Bump hunting is an important approach to the extraction of insights from Euclidean datasets. Recently, it has been explored for graph datasets for the first time, and a single bump is hunted in an unweighted graph in this exploration. Here, we extend this exploration by hunting multiple bumps in a weighted graph. Given a weighted graph and a set of
query
nodes exhibiting a property of interest, our objective is to find
k
non-overlapping and connected subgraphs, i.e., bumps, in which the discrepancy between the numbers of query and non-query nodes is maximized and the sum of edge costs is minimized simultaneously.
We prove that our extended bump hunting problem can be transformed to a recently formulated Prize-Collecting Steiner Forest Problem (PCSFP). We further prove that PCSFP is NP-hard even in trees. Then, we propose a fast approximation algorithm for solving PCSFP in trees. Based on this algorithm, we improve the state-of-the-art approximation algorithm for solving PCSFP in graphs, and prove that the solutions of our improvement are always better than or equal to those of the state-of-the-art algorithm.
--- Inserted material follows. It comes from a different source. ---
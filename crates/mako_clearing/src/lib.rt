//! A server's evacuation and the collector's hearing of it keep all groups of the invariant.
#![tactic(auto)]

pub mod laws;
Moreover, we adapt the existing bump hunting algorithms for solving our extended bump hunting problem.
We evaluate our methodology via real datasets, and show that 1) our improvement scales well to large graphs, while producing solutions that dominate those of the state-of-the-art algorithm; and 2) our adaptation of an existing bump hunting algorithm can also produce solutions that are better than those of the state-of-the-art algorithm in some cases.